Si la PIO est toujours insuffisamment contrôlée malgré l’IP, nous pouvons utiliser des traitements médicaux.
Glaucome par fermeture de l’angle : le versant chirurgical
D’après l’intervention du Dr Jean-François Rouland (Lille)
Après une chirurgie de la cataracte, la taille de l’angle iridocornéen va être multipliée par 3. La phakoémulsification permet une réouverture de l’angle et une diminution de la PIO dans les glaucomes primitifs par fermeture d’angle.

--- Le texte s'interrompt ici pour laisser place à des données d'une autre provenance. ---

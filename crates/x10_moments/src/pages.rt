//! What stands around the moments of a page.
ghost use Rattle.std.specs.Prelude.{◌≡◌, ◌++◌};
ghost use Rattle.x10_moments.specs.Pages.{page_end};

use x10_page::TAIL;

/// How a page ends, in two parts: whether the run ended, and what is the same of every page.
pub fn end_of_page(ended: bool) -> (&'static str, &'static str)
    ensures { result.0.now ++ result.1.now ≡ page_end ended }
{
    if ended {
        ("\n],\"end\":\"ended\"}\n", TAIL)
    } else {
        ("\n],\"end\":\"stopped\"}\n", TAIL)
    }
}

Selon des études de 2016, la phakoémulsification et l’IP entraînent une baisse quasi équivalente de la PIO.
Une meilleure qualité de vie et le nombre de thérapeutiques font pencher la balance en faveur de la chirurgie de la cataracte. On retrouve moins de complications chez les patients ayant bénéficié de la phakoémulsification. Il est donc plus utile et plus efficace de traiter les patients par phakoémulsification que par iridectomie seule.
Glaucome à pression normale
D’après l’intervention du Pr Éric Sellem (Lyon)
Les caractéristiques du glaucome à pression normale sont :
- la présence d’hémorragies péripapillaires (risque de progression) ;
- la présence de déficits périmétriques plus modestes que ne le laisserait supposer l’atteinte de la structure ;
- des scotomes paracentraux ;
- une PIO dans les limites de la normale.
Il est important de rechercher et de traiter les facteurs de risque cardiovasculaires (hypertension artérielle) et un syndrome d’apnée du sommeil, car il existe une relation de cause à effet.
La décision de traiter la PIO dans le glaucome à pression normale mérite l’expectative. Il faut avoir une progression documentée, donc refaire un bilan de la structure (rétinophotos, OCT) et de la fonction (champ visuel) au bout de 3 à 4 mois, puis tous les 6 mois. En cas de progression, il faut abaisser la pression intraoculaire.
Glaucome à pression normale
D’après l’intervention du Pr Philippe Denis (Lyon)
Au moment du diagnostic, on traite la PIO si le rythme de progression est inconnu, si la pression est limite et si le déficit campimétrique est sévère. Il faut faire baisser la pression de 25 à 30%.
Lors du suivi, il faut suivre la progression en définissant une PIO cible selon la PIO moyenne, l’espérance de vie, l’importance de l’atteinte, le rythme de progression et le degré de l’acceptation. Il faut aussi évaluer le rôle de la cataracte et de la DMLA. En l’absence de progression, il faudra évaluer le rapport bénéfice/ risque du traitement, alléger ce dernier au besoin, et remettre en cause le diagnostic de glaucome à pression normale.